The Financial Buffer was no longer a dream. By combining the King's gold with our own Seigniorage, we had successfully siphoned the Kingdom's wealth to build our "Machine State."

Nemius's gold arrived, but Mother's mandate ensured that every copper was conscripted—a frontline soldier for our cause. With my parents buried in the high-level strategy of the Sovereign Grid, the operational friction of the real world fell to the rest of us. From the stone-by-stone labor of roadwork to the risky issuance of Hatar Scrip, our theoretical 'Machine State' was finally grinding into gear.

I decided to run a field audit on the Vibrant Road construction in Sector A-2. I sat on a stack of timber, seemingly distracted by my wooden boar necklace with a book on my side. In reality, I had initiated Sonar and Focus, muting the rhythmic thud of hammers to isolate the foreman's voice.

"Write it down as twenty barrels of alchemical resin," Galt whispered to his scribe. My Focus tracked his hand toward a wagon I already knew held only twelve.

"The Sanni humidity 'warped' the rest," Galt lied. "We'll need a fresh requisition from the Star Fort by next week."

"But Master Galt," the scribe stammered, "the Baroness just tightened the audit..."

"The Thorn-Pickers are looking for assassins, not missing resin," Galt hissed. Through my senses, I felt his heartbeat accelerate—the tell-tale rhythm of greed. "We sell the 'warped' eight to coastal merchants for double."

A cold flash of irritation hit me. I bit into a high-calorie travel candy, the crunch echoing my irritation. Sabotaging the road's integrity meant it wouldn't survive the Month of Ace. I decided on moving to execute the plan Olford and I had discussed.

When Olford made his evening rounds, I timed my move. As he passed, I intentionally dropped my book into the mud beside the foreman's ledger. Olford caught my eye, his expression unreadable, and moved toward Galt.

"How is the work, Galt? Any problems?" Olford asked, his sudden presence cutting through the humid air.

Galt's heart didn't just spike; it hammered against his ribs like a trapped bird. "All well, sir," he choked out.

Olford didn't look at him. Instead, he shifted a cold, piercing gaze toward the scribe. I stood beside the old man, my silence adding to the weight of the moment. The scribe began to sweat, the pressure of the Hidden Eye's protégé and its master becoming unbearable.

Breaking, the scribe confessed: "Eight barrels... Galt said they were damaged in the stream."

"Eight barrels in the stream, Galt?" Olford's voice was a low, clinical silk. "My records show no report of an accident. Perhaps we should invite the Thorn-Pickers to help you 'find' them?"

By dawn, Galt was in the dungeons.

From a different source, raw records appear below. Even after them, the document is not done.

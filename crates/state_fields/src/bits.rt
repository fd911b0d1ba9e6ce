// Bits of a word, and of the words that hold the map.
ghost use Rattle.std.specs.Prelude.{◌≡◌, ◌+◌, ◌≤◌, ◌<◌, ◌^◌, ◌%◌};
ghost use Rattle.state_fields.specs.Words.{bits_at, put_at, word_at, with_word, bits_in, put_in, no_words};

use base::choice;
use state_parts::words::Words;

// The word of this number; the numbers go round.
fn word(w: Words, number: u32) -> u64
    ensures { result ≡ word_at w number }
{
    match number % 5 {
        0 => w.w0,
        1 => w.w1,
        2 => w.w2,
        3 => w.w3,
        _ => w.w4,
    }
}

// The words with another one at this number.
#[tactic(auto, unfolding(crate::specs::Words::with_word))]
fn with_word(w: Words, number: u32, x: u64) -> Words
    ensures { result ≡ with_word w number x }
{
    let w0 = choice::either(number == 0, x, w.w0);
    let w1 = choice::either(number == 1, x, w.w1);
    let w2 = choice::either(number == 2, x, w.w2);
    let w3 = choice::either(number == 3, x, w.w3);
    let w4 = choice::either(number == 4, x, w.w4);
    Words { w0, w1, w2, w3, w4 }
}

// Two to the power of k; the powers go round.
pub fn power(k: u32) -> u64
    ensures { result ≡ 2 ^ (k % 64) }
{
    1u64 << (k % 64)
}

// Bits of one word. Each of these says how narrow it asks the bits to be: a struct of a place and a width would be made for every call, of numbers that stand in the code.
pub(crate) fn bits(x: u64, at: u32, width: u32) -> u64
    requires { (at < 64) × (width < 64) }
    ensures { result ≡ bits_at at width x }
{
    let most = power(width);
    (x >> at) & (most - 1)
}

// Bits of a number of 32, by a row's numbers; these go round.
pub fn part(n: u32, first: u32, count: u32) -> u64
    ensures { result ≡ bits_at (first % 64) (count % 64) n }
{
    bits(n as u64, first % 64, count % 64)
}

// One word with other bits in it.
fn put_bits(x: u64, at: u32, width: u32, code: u64) -> u64
    requires { (at + width ≤ 64) × (at < 64) × (width < 64) }
    ensures { result ≡ put_at at width code x }
{
    let unit = power(at);
    let old = bits(x, at, width);
    let new = bits(code, 0, width);
    x - old * unit + new * unit
}

// The bits of the map from bit `at` up.
pub(crate) fn get(w: Words, at: u32, width: u32) -> u64
    requires { width < 64 }
    ensures { result ≡ bits_in at width w }
{
    let x = word(w, at / 64);
    bits(x, at % 64, width)
}

// The map with other bits there.
#[tactic(auto, unfolding(crate::specs::Words::put_in))]
pub(crate) fn put(w: Words, at: u32, width: u32, code: u64) -> Words
    requires { (at % 64 + width ≤ 64) × (width < 64) }
    ensures { result ≡ put_in at width code w }
{
    let number = at / 64;
    let x = word(w, number);
    let y = put_bits(x, at % 64, width, code);
    with_word(w, number, y)
}
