// A field's code in the words, by its place in the table.
ghost use Rattle.std.specs.Prelude.{◌≡◌};
ghost use Rattle.state_table.specs.Packed.{field_at};
ghost use Rattle.state_fields.specs.Held.{field_in};

use crate::bits::get;
use state_parts::words::Words;
use state_table::row_at;

pub fn field_at(w: Words, number: u32) -> u32
    ensures { result ≡ field_in (field_at number) w }
{
    let row = row_at(number);
    get(w, row.address * 8 + row.low, row.width) as u32
}
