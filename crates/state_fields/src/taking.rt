// The stored fields of a register that is written.
// The profile is the first parameter of every table of the paper, also where no row goes by it yet (CONTRIBUTING.md, House rules).
ghost use Rattle.std.specs.Prelude.{◌≡◌, ◌+◌, ◌*◌};
ghost use Rattle.base.specs.Pick.{pick};
ghost use Rattle.state_table.specs.Rows.{is_stored};
ghost use Rattle.state_table.specs.Packed.{FitsRow};
ghost use Rattle.state_fields.specs.Words.{bits_at, put_in};
ghost use Rattle.state_fields.specs.Held.{taken_by};

use crate::bits::{bits, put};
use state_parts::profile::Profile;
use state_parts::words::Words;
use state_table::{Access, Row, row_at, rows_below};

// A field that is only stored.
pub fn is_stored(access: Access) -> bool
    ensures { result ≡ is_stored access }
{
    matches!(access, Access::Stored)
}

// The words with a field's code of the register's value, if the field is stored.
fn take(w: Words, row: Row, value: u32) -> Words
    requires { FitsRow row }
    ensures { result ≡ pick (is_stored row.access) (put_in (row.address * 8 + row.low) row.width (bits_at row.low row.width value) w) w }
{
    if is_stored(row.access) {
        let code = bits(value as u64, row.low, row.width);
        put(w, row.address * 8 + row.low, row.width, code)
    } else {
        w
    }
}

// The words after a register is written.
pub fn taken(p: Profile, w: Words, address: u32, value: u32) -> Words
    ensures { result ≡ taken_by p address value w }
{
    if 38 < address {
        return w;
    }
    let mut u = w;
    // by place and not over a slice: its promise would be rows between the same two places, by which the loop's laws (state_table, `Turns`) go, and it saves one line
    for i in rows_below(address)..rows_below(address + 1) {
        let row = row_at(i);
        u = take(u, row, value);
    }
    u
}
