// The fields that rules read, each by its name.
// A function for each: rules read a field by its name (CONTRIBUTING.md, House rules), and one for all would take the word, shift and width that the names stand for.
ghost use Rattle.std.specs.Prelude.{◌≡◌};
ghost use Rattle.state_fields.specs.Held.{field_of, is_set};
ghost use Rattle.state_table.specs.Rows.{fsw, ts_th1, ts_th2, ts_th3, ts_th5, en_ts, en_jeita, jeita_isetc, jeita_iseth, jeita_vset};
ghost use Rattle.state_table.specs.Rows.{vchg_override, cell_override, ichg_override, frequency_ok};

use state_parts::profile::Profile;
use state_parts::registers::Registers;

pub fn fsw(registers: Registers) -> u32
    ensures { result ≡ field_of fsw registers }
{
    (registers.words.w2 / 0x1000000000000 % 8) as u32
}

// Whether a code of FSW has a frequency.
pub fn has_frequency(profile: Profile, code: u32) -> bool
    ensures { result ≡ frequency_ok profile code }
{
    (1 <= code) & (code <= 6)
}

pub fn ts_th1(registers: Registers) -> u32
    ensures { result ≡ field_of ts_th1 registers }
{
    (registers.words.w3 / 1 % 4) as u32
}

pub fn ts_th2(registers: Registers) -> u32
    ensures { result ≡ field_of ts_th2 registers }
{
    (registers.words.w3 / 4 % 4) as u32
}

pub fn ts_th3(registers: Registers) -> u32
    ensures { result ≡ field_of ts_th3 registers }
{
    (registers.words.w3 / 0x10 % 4) as u32
}

pub fn ts_th5(registers: Registers) -> u32
    ensures { result ≡ field_of ts_th5 registers }
{
    (registers.words.w3 / 0x40 % 4) as u32
}

pub fn en_ts(registers: Registers) -> u32
    ensures { result ≡ field_of en_ts registers }
{
    (registers.words.w3 / 0x100 % 2) as u32
}

pub fn en_jeita(registers: Registers) -> u32
    ensures { result ≡ field_of en_jeita registers }
{
    (registers.words.w3 / 0x200 % 2) as u32
}

pub fn jeita_isetc(registers: Registers) -> u32
    ensures { result ≡ field_of jeita_isetc registers }
{
    (registers.words.w3 / 0x400 % 4) as u32
}

pub fn jeita_iseth(registers: Registers) -> u32
    ensures { result ≡ field_of jeita_iseth registers }
{
    (registers.words.w3 / 0x1000 % 2) as u32
}

pub fn jeita_vset(registers: Registers) -> u32
    ensures { result ≡ field_of jeita_vset registers }
{
    (registers.words.w3 / 0x2000 % 4) as u32
}

pub fn vchg_override(registers: Registers) -> bool
    ensures { result ≡ is_set vchg_override registers }
{
    registers.words.w3 / 0x80000000 % 2 == 1
}

pub fn cell_override(registers: Registers) -> bool
    ensures { result ≡ is_set cell_override registers }
{
    registers.words.w3 / 0x40000000 % 2 == 1
}

pub fn ichg_override(registers: Registers) -> bool
    ensures { result ≡ is_set ichg_override registers }
{
    registers.words.w3 / 0x800000000 % 2 == 1
}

The "missing" resin was returned, and my first Audit Trap had saved the House 150 gold coins. I ensured ten of those coins were given to the scribe—not just as a reward for the truth, but as a signal to the rest of the crew: In the Sovereign Grid, loyalty to the House pays better than greed.

As the cold reality of Galt's embezzlement settled. My mind bypassed the immediate irritation and dove into the memories of my previous world—specifically my experience and the scrolls of Kautilya's Arthashastra. I recalled his chillingly accurate warning: just as it is impossible not to taste the honey or the poison that finds itself at the tip of the tongue, so it is impossible for a government servant not to eat at least a bit of the King's wealth.

People didn't just steal out of malice; they stole because the "social gravity" of greed was a natural law, as predictable as the Ace mana recession. Whether it was a clerk on the banks of the Ganges or a foreman in the Sector A-2 trenches, the motivation was the same: the belief that the ocean is so vast that a single missing drop will never be noticed. But they forgot that in the Sovereign Grid, I wasn't just watching the ocean—I was counting the drops.